15.2 Partial Condemnation. If any portion of the Premises shall be so taken and the remaining part thereof shall be reasonably suitable for Tenant's continued occupancy for the purposes and uses for which the Premises are leased, this Lease shall terminate, as to the part so taken, as of the date that Tenant shall be dispossessed from such part and the Basic Rental shall be reduced in the same proportion that the floor area, if any, of the portion of the Premises so taken (less any additions made thereto by reason of any reconstruction) bears to the original floor area of the Premises.
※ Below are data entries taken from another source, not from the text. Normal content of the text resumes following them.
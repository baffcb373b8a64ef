//! A loop in a loop: `REPI(i,n) REPI(x,n) INT(0,n,a[i,x]) END END`.

use super::loops::{
    Counter, ROW, begin_first, begin_later, context, is_first_turn, leave, numbers, start,
};
use super::{A, N, X, between, limits, named, number};
use ctd_elements::{Cell, Index, is_filled};
use ctd_partitions::{
    Position, State, are_within, assign_element, join_partitions, view_of, widen_partition,
};
use ctd_states::Stop;
use std::alloc::Global;
use std::test::Fail;

/// The counter `x`.
const COLUMN: Counter = Counter {
    index: X,
    name: b"x",
};

/// The states once the element of both counters got a number from 0 to the count.
fn fill(alloc: Global, states: &[State]) -> Result<Vec<State>, Stop> {
    let cell = Some(Cell {
        first: Index::Number(named(ROW.index, 0)),
        second: Some(Index::Number(named(COLUMN.index, 0))),
    });
    let zero = [number(0)];
    let count = [named(N, 0), number(1000)];
    let known = limits(&zero, &count);
    let possible = numbers(0, 1000);
    let mut after = Vec::new(alloc);
    for state in states {
        let first = if is_first_turn(state, COLUMN) {
            Some(0)
        } else {
            None
        };
        let at = Position {
            cell,
            source: None,
            number: first,
        };
        let filled = assign_element(context(alloc), state, b"a", at, possible, known)?;
        after.push(filled)?;
    }
    Ok(after)
}

/// The states at the end of a turn of the inner loop, which begins from some states, or from a candidate in a later turn.
fn inner_turn(alloc: Global, before: &[State], candidate: &[State]) -> Result<Vec<State>, Stop> {
    let first = begin_first(alloc, before, COLUMN)?;
    let later = begin_later(alloc, candidate, COLUMN)?;
    let all = join_partitions(context(alloc), first, later.as_slice())?;
    fill(alloc, all.as_slice())
}

/// The states behind the inner loop.
fn behind_inner(alloc: Global, before: &[State]) -> Result<Vec<State>, Stop> {
    let mut candidate = Vec::new(alloc);
    for round in 0..10 {
        let end = inner_turn(alloc, before, candidate.as_slice())?;
        if are_within(context(alloc), end.as_slice(), candidate.as_slice()) {
            return leave(alloc, candidate.as_slice(), COLUMN);
        }
        candidate = widen_partition(context(alloc), candidate.as_slice(), end.as_slice(), round)?;
    }
    Err(Stop::GaveUp)
}

/// The states at the end of a turn of the outer loop, which begins in the first turn, or from a candidate in a later turn.
fn outer_turn(alloc: Global, candidate: &[State]) -> Result<Vec<State>, Stop> {
    let mut starts = Vec::new(alloc);
    starts.push(start(alloc)?)?;
    let first = begin_first(alloc, starts.as_slice(), ROW)?;
    let later = begin_later(alloc, candidate, ROW)?;
    let all = join_partitions(context(alloc), first, later.as_slice())?;
    behind_inner(alloc, all.as_slice())
}

/// The states behind the outer loop.
fn behind_outer(alloc: Global) -> Result<Vec<State>, Stop> {
    let mut candidate = Vec::new(alloc);
    for round in 0..10 {
        let end = outer_turn(alloc, candidate.as_slice())?;
        if are_within(context(alloc), end.as_slice(), candidate.as_slice()) {
            return leave(alloc, candidate.as_slice(), ROW);
        }
        candidate = widen_partition(context(alloc), candidate.as_slice(), end.as_slice(), round)?;
    }
    Err(Stop::GaveUp)
}

#[test]
fn a_loop_in_a_loop_fills_a_grid(rt: HostRuntime) -> Result<(), Fail> {
    let alloc = rt.alloc();
    let states = match behind_outer(alloc) {
        Ok(states) => states,
        Err(_) => panic!(&rt; "given up"),
    };
    let zero = [number(0)];
    let last = [named(N, -1)];
    let count = [named(N, 0)];
    let inside = limits(&zero, &last);
    let outside = limits(&zero, &count);
    if states.is_empty() {
        panic!(&rt; "no run comes behind the loop");
    }
    for state in states.as_slice() {
        let view = view_of(context(alloc), state);
        if !is_filled(view, A, inside, Some(inside)) {
            panic!(&rt; "up to the last");
        }
        if is_filled(view, A, outside, Some(inside)) {
            panic!(&rt; "behind the last row");
        }
        if is_filled(view, A, inside, Some(outside)) {
            panic!(&rt; "behind the last column");
        }
    }
    Ok(())
}
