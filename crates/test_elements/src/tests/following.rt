//! Which facts follow from others.

use super::{A, I, N, X, between, filled, judge, multiple, named, number};
use ctd_elements::{Block, Fact, Filling, Index, Keys, Side};

#[test]
fn a_block_of_two(rt: HostRuntime) {
    let three = filled(between(number(0), number(3)));
    let rest = filled(between(number(3), number(9)));
    let late = filled(between(number(4), number(9)));
    let five = filled(between(number(0), number(5)));
    judge(&rt, &[three, rest], five, true, "side by side");
    judge(&rt, &[three, late], five, false, "with a gap");
    judge(&rt, &[three], five, false, "too short");
}

#[test]
fn blocks_by_names(rt: HostRuntime) {
    let counted = filled(between(number(0), named(I, 0)));
    let more = filled(between(number(0), named(I, 1)));
    let all = filled(between(number(0), named(N, 0)));
    let below = Fact::AtMost(named(I, 1), named(N, 0));
    let above = Fact::AtMost(named(N, 0), named(I, 0));
    judge(&rt, &[all, below], more, true, "up to the counter");
    judge(&rt, &[all], more, false, "nothing of the counter");
    judge(&rt, &[counted, above], all, true, "up to the count");
    judge(&rt, &[counted], more, false, "one too many");
}

#[test]
fn empty_blocks(rt: HostRuntime) {
    let none = filled(between(named(I, 1), named(I, 1)));
    let unknown = filled(between(number(0), named(X, 0)));
    let one = filled(between(named(I, 0), named(I, 1)));
    judge(&rt, &[], none, true, "no index");
    judge(&rt, &[], unknown, true, "no number");
    judge(&rt, &[], one, false, "one index");
}

#[test]
fn multiples(rt: HostRuntime) {
    let least = Fact::AtMost(number(2), multiple(2, N, 0));
    let most = Fact::AtMost(multiple(3, I, 3), number(3000));
    let wrong = Fact::AtMost(multiple(3, I, 3), number(2999));
    judge(&rt, &[], least, true, "twice the count");
    judge(&rt, &[], most, true, "three times the counter");
    judge(&rt, &[], wrong, false, "too little");
}

#[test]
fn numbers_that_differ(rt: HostRuntime) {
    let differ = Fact::Unequal(named(I, 0), named(N, 0));
    let rows = [
        (named(I, 0), named(N, 0), true, "as it stands"),
        (named(N, 0), named(I, 0), true, "exchanged"),
        (named(I, 2), named(N, 2), true, "both moved"),
        (named(N, -1), named(I, -1), true, "exchanged and moved"),
        (named(I, 1), named(N, 0), false, "one moved"),
        (named(I, 0), number(0), false, "another pair"),
        (multiple(2, I, 0), multiple(2, N, 0), false, "multiples"),
    ];
    for (a, b, wanted, cell) in rows {
        judge(&rt, &[differ], Fact::Unequal(a, b), wanted, cell);
    }
    let less = Fact::AtMost(named(I, 1), named(N, 0));
    let at_most = Fact::AtMost(named(I, 0), named(N, 0));
    judge(&rt, &[less], differ, true, "less");
    judge(&rt, &[at_most], differ, false, "at most");
    let above = Fact::Unequal(named(I, 0), number(1000));
    let within = Fact::Unequal(number(999), named(I, 0));
    let unknown = Fact::Unequal(named(X, 0), named(X, 0));
    judge(&rt, &[], above, true, "above the range");
    judge(&rt, &[], within, false, "in the range");
    judge(&rt, &[], unknown, true, "no number");
}

#[test]
fn greatest_values(rt: HostRuntime) {
    let filling = Filling {
        array: A,
        block: Block {
            first: between(number(0), number(3)),
            second: None,
        },
        most: Some(named(I, 0)),
    };
    let looser = Filling {
        most: Some(named(N, 0)),
        ..filling
    };
    let anyway = Filling {
        most: Some(number(5000)),
        ..filling
    };
    let below = Fact::AtMost(named(I, 0), named(N, 0));
    let facts = [Fact::Filled(filling), below];
    judge(&rt, &facts, Fact::Filled(looser), true, "a greater one");
    judge(
        &rt,
        &facts,
        Fact::Filled(anyway),
        true,
        "that of all elements",
    );
    let other = [Fact::Filled(looser), below];
    judge(&rt, &other, Fact::Filled(filling), false, "a smaller one");
}

#[test]
fn rows_of_a_grid(rt: HostRuntime) {
    let whole = between(number(0), named(N, 0));
    let row = |first: Side| {
        Fact::Filled(Filling {
            array: A,
            block: Block {
                first,
                second: Some(whole),
            },
            most: None,
        })
    };
    let before = row(between(number(0), named(I, 0)));
    let own = row(Side::At(Index::Number(named(I, 0))));
    let together = row(between(number(0), named(I, 1)));
    judge(&rt, &[before, own], together, true, "a row more");
    judge(&rt, &[before], together, false, "no row");
}

#[test]
fn keys(rt: HostRuntime) {
    let block = Block {
        first: Side::At(Index::Number(named(I, 0))),
        second: None,
    };
    let all = Keys {
        array: A,
        other: N,
        except: None,
    };
    let some = Keys {
        except: Some(block),
        ..all
    };
    let empty = Keys {
        array: X,
        other: A,
        except: None,
    };
    judge(
        &rt,
        &[Fact::KeysWithin(all)],
        Fact::KeysWithin(some),
        true,
        "all but one",
    );
    judge(
        &rt,
        &[Fact::KeysWithin(some)],
        Fact::KeysWithin(all),
        false,
        "one is missing",
    );
    judge(
        &rt,
        &[Fact::KeysWithin(all)],
        Fact::ValuesAreKeys(all),
        false,
        "another kind",
    );
    judge(
        &rt,
        &[],
        Fact::ValuesAreKeys(empty),
        true,
        "an array with no elements",
    );
}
Landlord shall, at its own cost and expense, make all necessary repairs or alterations so as to make the remaining portion of the Building a complete architectural unit. Landlord shall not be required to spend for such repairs or alterations any amount in excess of the amount received by Landlord as damages for the taking of such part of the Premises. There shall be no abatement of Rental during such restoration except to the extent otherwise provided in this Section 15.

15.3 Disposition of Proceeds. Aii damages awarded for such taking under the power of eminent domain whether for the whole or a portion of the Premises shall belong to and be the property of Landlord without any participation by Tenant, whether such damages shall be awarded as compensation for diminution in value of the leasehold or to the fee of the Premises, and Tenant hereby expressly waives and relinquishes all claims to such award or compensation or any part thereof and of the right to participate in any such condemnation proceedings against the owners of any interest in the Premises; provided, however, that Tenant shall have the right to claim and recover directly from the condemning authority, but not from Landlord, such compensation as may be separately awarded or recoverable by Tenant, in Tenant's own right, on account of any cost or loss incurred by Tenant for Tenant's Work and Tenant's Alterations or in removing Tenant's furniture, fixtures, leasehold improvements and equipment; provided, further, that no such claim made by Tenant under this Section 15 shall diminish or otherwise adversely affect Landlord's award.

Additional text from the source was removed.